Top of Records for this task

//! The steps of a record, done one after another.

ghost use Rattle.std.specs.Prelude.{◌≡◌, ◌≤◌, ◌<◌, [], IfErr, IfOk, IfSome, OnOk, Some, length, map, slice_get};
ghost use Rattle.cl_replay.specs.InnerReplaying.{ReplayFaultHolds, StepBreaks};
ghost use Rattle.cl_replay.specs.Steps.{Leads};
ghost use Rattle.cl_state.specs.Room.{rank_of};
ghost use Rattle.cl_state.specs.declared.state.RankState.{RankState};
ghost use Rattle.cl_replay.specs.declared.replaying.ReplayFault.TheVariants as faults;
ghost use Rattle.rvmc_changes.specs.WalkFaults.{StepsBreak};
ghost use Rattle.rvmc_changes.specs.Given.{differences};
ghost use Rattle.rvmc_changes.specs.Walking.{Adds, Fits, GoesOn, HasCome, IsAdded, IsBefore, Makes};
ghost use Rattle.rvmc_changes.specs.Walks.{seen_at_start};

use crate::before::{Before, look_at};
use crate::making::change_of;
use crate::starts::start_of;
use crate::steps::Change;
use crate::walks::Walk;
use cl_machine::Step;
use cl_replay::{ClusterState, ReplayFault, replay};
use rv_image_types::Image;
use std::alloc::Global;

/// Adds what a step that was done changed, of which this was known before it.
fn put_behind(
    alloc: Global,
    changes: &mut Vec<Change>,
    state: &ClusterState,
    step: &Step,
    before: &Option<Before>,
) -> Result<(), ReplayFault>
    requires fits { IfSome before.now Fits }
    ensures adds { OnOk result ((s t : RankState) → IsBefore step.now (rank_of s) before.now
        → slice_get state.now.ranks.items step.now.rank ≡ Some t → step.now.hart < length s.harts.items
        → step.now.hart < length t.harts.items
        → IsAdded step.now (rank_of s) (rank_of t) changes.old.items changes.new.items) }
    ensures fault { IfErr result (λ fault. fault ≡ faults.Memory) }
{
    let Some(before) = before else {
        return Ok(());
    };
    let Some(change) = change_of(alloc, state, step, before)? else {
        return Ok(());
    };
    changes.push(change)?;
    Ok(())
}

/// Does a step, and adds what it changed.
fn put_change(
    alloc: Global,
    state: &mut ClusterState,
    changes: &mut Vec<Change>,
    place: u64,
    step: &Step,
) -> Result<(), ReplayFault>
    ensures leads { OnOk result (Leads state.old step.now state.new) }
    ensures adds { OnOk result (Adds state.old step.now state.new changes.old.items changes.new.items) }
    ensures fault { IfErr result (StepBreaks state.old place step.now) }
{
    let before = look_at(alloc, state, step)?;
    state.step_at(place, step)?;
    put_behind(alloc, changes, state, step, &before)
}

/// Adds the changes of the steps from one place to another, which are done. After a refusal the state may be anything.
fn put_changes(
    alloc: Global,
    state: &mut ClusterState,
    changes: &mut Vec<Change>,
    steps: &[Step],
    from: usize,
    to: usize,
) -> Result<(), ReplayFault>
    requires none { changes.old.items ≡ [] }
    requires order { from ≤ to }
    requires within { to ≤ length steps.now }
    ensures made { OnOk result (Makes steps.now from state.old to state.new changes.new.items) }
    ensures fault { IfErr result (StepsBreak steps.now from state.old to) }
{
    for n in from..to {
        put_change(alloc, state, changes, n as u64, &steps[n])?;
    }
    Ok(())
}

/// A walk that begins at a place of a record: what is seen there, and the cluster, from which `go_on` goes on.
///
/// Refusals, in this order: Step where a step before the place is none of the machine; Memory.
#[tactic(auto, using(crate::proofs::Walked::has_begun))]
pub fn begin(alloc: Global, image: &Image, steps: &[Step], place: u64) -> Result<Walk, ReplayFault>
    requires { place ≤ length steps.now }
    ensures begun { IfOk result (λ walk.
        HasCome image.now steps.now place place (seen_at_start walk.start.items) [] walk.state) }
    ensures fault { IfErr result (ReplayFaultHolds image.now steps.now place) }
{
    let state = replay(alloc, image, steps, place)?;
    let start = start_of(alloc, &state)?;
    Ok(Walk { start, state })
}

/// Does the steps from one place to another, and gives the change of each. So a long walk is made piece by piece.
///
/// Refusals, in this order: Step where one of these steps is none of the machine; Memory. The state may then be
/// anything.
#[tactic(auto, using(crate::proofs::Walked::goes_on))]
pub fn go_on(
    alloc: Global,
    state: &mut ClusterState,
    steps: &[Step],
    from: u64,
    to: u64,
) -> Result<Vec<Change>, ReplayFault>
    requires order { from ≤ to }
    requires within { to ≤ length steps.now }
    ensures on { IfOk result (λ changes. GoesOn steps.now from state.old to state.new (differences changes.items)) }
    ensures fault { IfErr result (StepsBreak steps.now from state.old to) }
{
    let mut changes = Vec::new(alloc);
    put_changes(
        alloc,
        state,
        &mut changes,
        steps,
        from as usize,
        to as usize,
    )?;
    Ok(changes)
}
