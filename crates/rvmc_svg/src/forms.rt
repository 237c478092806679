//! The forms of all that is written on a page, in which `{N}` stands for the piece with this number.

/// What stands before all that is drawn: the page's width and height, the least width that it is shown in, the styles and
/// the shapes.
pub(crate) const FRONT: &str =
    "<svg xmlns=\"http://www.w3.org/2000/svg\" width=\"{0}\" height=\"{1}\" style=\"min-width:{2}px\" font-family=\"system-ui,sans-serif\" role=\"img\">\n{3}{4}";

// ---- ranks

/// The heads of a sender's arrows, the closed one and the open one: its rank.
pub(crate) const HEADS: &str = "\
<marker id=\"h{0}\" refX=\"13\" refY=\"4\" markerWidth=\"9\" markerHeight=\"8\" markerUnits=\"userSpaceOnUse\" orient=\"auto\"><path class=\"f{0}\" d=\"M0,.6L8,4L0,7.4z\"/></marker>
<marker id=\"o{0}\" refX=\"8\" refY=\"4\" markerWidth=\"9\" markerHeight=\"8\" markerUnits=\"userSpaceOnUse\" orient=\"auto\"><path class=\"s{0} none\" d=\"M1,.8L8,4L1,7.2\"/></marker>
";

/// The band behind a rank: where it begins, its width and its height.
pub(crate) const BAND: &str =
    "<rect class=\"band\" x=\"{0}\" width=\"{1}\" y=\"8\" height=\"{2}\"/>\n";

/// The name of a rank: the rank, further classes, where it stands across and down, and the class of its word.
pub(crate) const NAME: &str =
    "<text class=\"f{0} bold{1}\" font-size=\"12\" text-anchor=\"middle\" x=\"{2}\" y=\"{3}\"><tspan class=\"{4}\">rank </tspan>{0}</text>\n";

/// The lane of a hart: where it stands across, begins and ends.
pub(crate) const LANE: &str =
    "<line class=\"lane\" x1=\"{0}\" x2=\"{0}\" y1=\"{1}\" y2=\"{2}\"/>\n";

/// The name of a hart above its lane: the lane's three and the hart.
pub(crate) const HART: &str =
    "<text class=\"dim\" font-size=\"10\" text-anchor=\"middle\" x=\"{0}\" y=\"38\"><tspan class=\"wide\">hart </tspan>{3}</text>\n";

/// A bar: the hart that waits and from which step, until when (two pieces) and how often it looked; and the bar's class,
/// where it stands across and down, and its height.
pub(crate) const BAR: &str =
    "<g><title>rank {0} hart {1} waits from step {2} to {3}{4}: {5} looks in vain</title>\
<rect class=\"{6}\" rx=\"2\" width=\"6\" transform=\"translate(-3 0)\" x=\"{7}\" y=\"{8}\" height=\"{9}\"/></g>\n";

// ---- arrows

/// An arrow behind its title, straight from lane to lane, and in a bow beside its lane: its class, its rank, where it begins
/// across and down, where it ends, and how far below its begin.
pub(crate) const STRAIGHT: &str =
    "</title><line class=\"{0} s{1}\" x1=\"{2}\" y1=\"{3}\" x2=\"{4}\" y2=\"{5}\"";

pub(crate) const BOW: &str =
    "</title><svg overflow=\"visible\" x=\"{2}\" y=\"{3}\"><path class=\"{0} s{1}\" d=\"M0,0C26,0 26,{6} 0,{6}\"";

/// The end of its line, of the same pieces: with the closed head, with the open one, and without a head.
pub(crate) const CLOSED: &str = " marker-end=\"url(#h{1})\"/>";

pub(crate) const OPEN: &str = " marker-end=\"url(#o{1})\"/>";

pub(crate) const BARE: &str = "/>";

/// The number of a step that isn't shown, at the border: where it stands, and the step.
pub(crate) const BORDER: &str =
    "<text class=\"dim halo\" font-size=\"10\" dx=\"5\" x=\"{0}\" y=\"{1}\">{2}</text>";

/// The tag and size of a message: its rank, where that stands, the tag and the size.
pub(crate) const LABEL: &str =
    "<text class=\"f{0} halo wide\" font-size=\"10\" text-anchor=\"middle\" x=\"{1}\" y=\"{2}\">t{3} {4}B</text>\n";

/// That nobody got it: its rank, at which side of its head that stands, how far beside it, where it stands, and the rank that
/// it goes to.
pub(crate) const LOSS: &str =
    "<text class=\"f{0} halo wide\" font-size=\"10\" text-anchor=\"{1}\" dx=\"{2}\" x=\"{3}\" y=\"{4}\">to {5}: not got</text>\n";

/// A ribbon: where it stands across and its width, where it stands down and its height.
pub(crate) const RIBBON: &str =
    "<svg x=\"{0}\" width=\"{1}\" y=\"{2}\" height=\"{3}\" viewBox=\"0 0 100 {3}\" preserveAspectRatio=\"none\">";

/// Its shape: its rank; the side of the sender's lane, and where the first arrow begins; the other side, and between which rows
/// the arrows end; and where the last one begins.
pub(crate) const BETWEEN: &str =
    "<path class=\"f{0} ribbon\" d=\"M{1},{2}L{3},{4}L{3},{5}L{1},{6}z\"/></svg>\n";

// ---- marks

/// The group of a mark: its step.
pub(crate) const STEP: &str = "<g id=\"step{0}\">";

/// The end of a mark's title where it stands for one step and for several, its ring, and its shape: the shape's name, its
/// rank, where it stands across and down, and for how many steps.
pub(crate) const ONCE: &str = "</title>";

pub(crate) const TIMES: &str = "\nand more of its kind: {4} in a row</title>";

pub(crate) const RING: &str = "<use href=\"#ring\" class=\"f{1}\" x=\"{2}\" y=\"{3}\"/>\n";

pub(crate) const SHAPE: &str = "<use href=\"#{0}\" class=\"f{1}\" x=\"{2}\" y=\"{3}\"/>\n";

/// A note beside a mark: its class, at which side it stands, how far beside the mark (two pieces), where the mark stands
/// across and down, the note, and the dots behind it.
pub(crate) const NOTE: &str =
    "<text class=\"{0} halo wide\" font-size=\"10\" text-anchor=\"{1}\" dx=\"{2}{3}\" dy=\"3.5\" x=\"{4}\" y=\"{5}\">{6}{7}</text>\n";

/// How many of these there were: where that stands, the count, and what is counted.
pub(crate) const COUNT: &str =
    "<text class=\"dim halo wide\" font-size=\"10\" dx=\"-7\" text-anchor=\"end\" x=\"{0}\" y=\"{1}\">{2} {3}</text>\n";

/// The number of a step at the left: its class, where it stands, and the step.
pub(crate) const PLACE: &str =
    "<text class=\"{0}\" font-size=\"10\" x=\"{1}\" y=\"{2}\">{3}</text>\n";

// ---- the end

/// What stands beside the first row of those that wait: how far down.
pub(crate) const WAITS_FOR: &str =
    "<text class=\"dim\" font-size=\"10\" x=\"3\" y=\"{0}\">waits for</text>\n";

/// A row's title: the hart that waits, and the ranks that it waits for, one by one.
pub(crate) const WAITS: &str = "<g><title>rank {0} hart {1} waits for";

pub(crate) const AWAITED: &str = " rank {0}";

/// A row behind these: the end of its title (two pieces); the class of its line, from where to where it leads, and how far
/// down; and the class of its begin, and where that stands.
pub(crate) const ROW: &str =
    "{0}{1}</title><line class=\"{2}\" x1=\"{3}\" x2=\"{4}\" y1=\"{5}\" y2=\"{5}\"/><circle class=\"{6}\" r=\"4\" cx=\"{7}\" cy=\"{5}\"/>";

/// A row's head: its shape, its class, and where it stands.
pub(crate) const HEAD: &str = "<use href=\"#{0}\" class=\"{1}\" x=\"{2}\" y=\"{3}\"/>";

/// That a hart waits for its own rank: at which side of its begin that stands, how far beside it, and where.
pub(crate) const OWN: &str =
    "<text class=\"dim\" font-size=\"10\" text-anchor=\"{0}\" dx=\"{1}\" x=\"{2}\" y=\"{3}\">for its own rank</text>";

/// A line of what is told: its class, where it stands, and the line.
pub(crate) const TOLD: &str =
    "<text class=\"{0}\" font-size=\"11\" xml:space=\"preserve\" x=\"{1}\" y=\"{2}\">{3}</text>\n";

// ---- the legend

/// What all messages share: how far down, and the tag, the size and the size's unit.
pub(crate) const ONE_KIND: &str =
    "<text class=\"dim\" font-size=\"10\" x=\"12\" y=\"{0}\">each message: tag {1}, {2} {3}</text>\n";

/// How a message is told where they differ, and what the numbers at the left are: how far down.
pub(crate) const SEVERAL_KINDS: &str =
    "<text class=\"dim wide\" font-size=\"10\" x=\"12\" y=\"{0}\">t7 8B: a message with tag 7 and 8 bytes</text>\n";

pub(crate) const NUMBERS: &str =
    "<text class=\"dim\" font-size=\"10\" x=\"12\" y=\"{0}\">numbers at the left: steps, as in `rvmc debug go=N`</text>\n";

/// The signs of a mark, a bar, a receive of any source and an arrow, and what a sign means: where the sign stands across, in
/// per cent, and down, its shape's name or its class, where a bar begins, where the meaning stands, and the meaning.
pub(crate) const MARK_SIGN: &str =
    "<use href=\"#{2}\" class=\"f0\" transform=\"translate(14 0)\" x=\"{0}%\" y=\"{1}\"/>";

pub(crate) const BAR_SIGN: &str =
    "<rect class=\"{2}\" rx=\"2\" width=\"6\" height=\"12\" transform=\"translate(11 0)\" x=\"{0}%\" y=\"{3}\"/>";

pub(crate) const WILD_SIGN: &str =
    "<use href=\"#ring\" transform=\"translate(14 0)\" x=\"{0}%\" y=\"{1}\"/>";

pub(crate) const ARROW_SIGN: &str =
    "<svg overflow=\"visible\" x=\"{0}%\" y=\"{1}\"><path class=\"a thin {2} s0\" d=\"M4,0h18\"/></svg>";

pub(crate) const MEANING: &str =
    "<text class=\"dim\" font-size=\"10\" dx=\"26\" x=\"{0}%\" y=\"{4}\">{5}</text>\n";
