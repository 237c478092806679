//! A walk through a record.

use crate::starts::RankStart;
use cl_replay::ClusterState;

/// A walk that has begun.
#[derive(Drop)]
pub struct Walk {
    /// What is seen of each rank where it starts.
    pub start: Vec<RankStart>,
    /// The cluster where it has come to.
    pub state: ClusterState,
}
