//! What is known of a step before it is done.

ghost use Rattle.std.specs.Prelude.{◌≡◌, ◌≤◌, ◌+◌, ◌^◌, IfOk, IfSome, IsNone, length};
ghost use Rattle.cl_state.specs.Room.{rank_of};
ghost use Rattle.rv_hart.specs.Stores.{store_range as store_range_of};
ghost use Rattle.rv_memory.specs.Memory.{bytes_at};
ghost use Rattle.rvmc_changes.specs.Changes.{hart_in};
ghost use Rattle.rvmc_changes.specs.Walking.{Fits, IsBefore, IsBeforeIn, window, window_in};

use cl_machine::{KindRef, Step};
use cl_replay::ClusterState;
use cl_state::RankState;
use cl_trace::Bare;
use rv_hart::{Hart, store_range};
use rv_memory::RankMemory;
use std::alloc::{AllocError, Global};

/// A range of a memory's bytes.
#[derive(Clone, Copy, Drop)]
pub(crate) struct Window {
    pub(crate) address: u64,
    pub(crate) count: u64,
}

/// What a step may change of its rank, as it is before: its hart, how many bytes were put out, and some bytes of the
/// memory, among which are all that the step may change.
#[derive(Drop)]
pub(crate) struct Before {
    pub(crate) hart: Hart,
    pub(crate) written: usize,
    pub(crate) window: Window,
    pub(crate) bytes: Vec<u8>,
}

/// All bytes of a memory.
fn whole(memory: &RankMemory) -> Window
    ensures all { result ≡ window 0 (length memory.now.bytes) }
    ensures fits { result.address + result.count ≤ 2 ^ 20 }
{
    Window {
        address: 0,
        count: memory.size(),
    }
}

/// A step's hart, if the rank has it.
pub(crate) fn hart_of(rank: &RankState, step: &Step) -> Option<Hart>
    ensures some { IfSome result (λ hart. hart ≡ hart_in step.now (rank_of rank.now)) }
    ensures none { IsNone result → length rank.now.harts.items ≤ step.now.hart }
{
    let number = usize::from(step.hart());
    if number >= rank.harts.len() {
        return None;
    }
    Some(rank.harts[number])
}

/// The bytes that an instruction may change.
fn stored(rank: &RankState, hart: &Hart) -> Window
    ensures is { result
        ≡ window (store_range_of hart.now rank.now.memory).address (store_range_of hart.now rank.now.memory).count }
    ensures fits { result.address + result.count ≤ 2 ^ 20 }
{
    // ghost: brings into scope that the memory has at most 2^20 bytes; no effect at run time
    let _size = rank.memory.size();
    let stored = store_range(hart, &rank.memory);
    Window {
        address: stored.address,
        count: stored.count,
    }
}

/// The bytes that a step may change.
fn window_of(rank: &RankState, step: &Step, hart: &Hart) -> Window
    requires there { hart.now ≡ hart_in step.now (rank_of rank.now) }
    ensures is { result ≡ window_in step.now (rank_of rank.now) }
    ensures fits { result.address + result.count ≤ 2 ^ 20 }
{
    match step.kind() {
        KindRef::Hub(_) => whole(&rank.memory),
        KindRef::Bare(kind) => match kind {
            Bare::Plain => stored(rank, hart),
            Bare::Local
            | Bare::Ready
            | Bare::Take
            | Bare::Miss
            | Bare::Freed
            | Bare::Held
            | Bare::Idle => whole(&rank.memory),
        },
    }
}

/// The bytes of a window.
pub(crate) fn bytes_in(
    alloc: Global,
    memory: &RankMemory,
    window: Window,
) -> Result<Vec<u8>, AllocError>
    ensures read { IfOk result (λ bytes. bytes.items ≡ bytes_at memory.now window.address window.count) }
    ensures few { IfOk result (λ bytes. length bytes.items ≤ window.count) }
{
    match memory.read_bytes(alloc, window.address, window.count) {
        Ok(bytes) => Ok(bytes),
        Err(_) => Err(AllocError),
    }
}

/// What is known of a step of a rank before it is done. None where the rank hasn't that hart.
fn look_in(alloc: Global, rank: &RankState, step: &Step) -> Result<Option<Before>, AllocError>
    ensures before { IfOk result (IsBefore step.now (rank_of rank.now)) }
    ensures fits { IfOk result (λ before. IfSome before Fits) }
{
    let Some(hart) = hart_of(rank, step) else {
        return Ok(None);
    };
    let window = window_of(rank, step, &hart);
    Ok(Some(Before {
        hart,
        written: rank.out.len(),
        window,
        bytes: bytes_in(alloc, &rank.memory, window)?,
    }))
}

/// What is known of a step before it is done.
pub(crate) fn look_at(
    alloc: Global,
    state: &ClusterState,
    step: &Step,
) -> Result<Option<Before>, AllocError>
    ensures before { IfOk result (IsBeforeIn state.now step.now) }
    ensures fits { IfOk result (λ before. IfSome before Fits) }
{
    let Some(rank) = state.ranks.get(usize::from(step.rank())) else {
        return Ok(None);
    };
    look_in(alloc, rank, step)
}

Bottom of Records for this task

Your goal. Copy out each line of the records above that includes "Walked".

Exercise response.
#[tactic(auto, using(crate::proofs::Walked::has_begun))]
#[tactic(auto, using(crate::proofs::Walked::goes_on))]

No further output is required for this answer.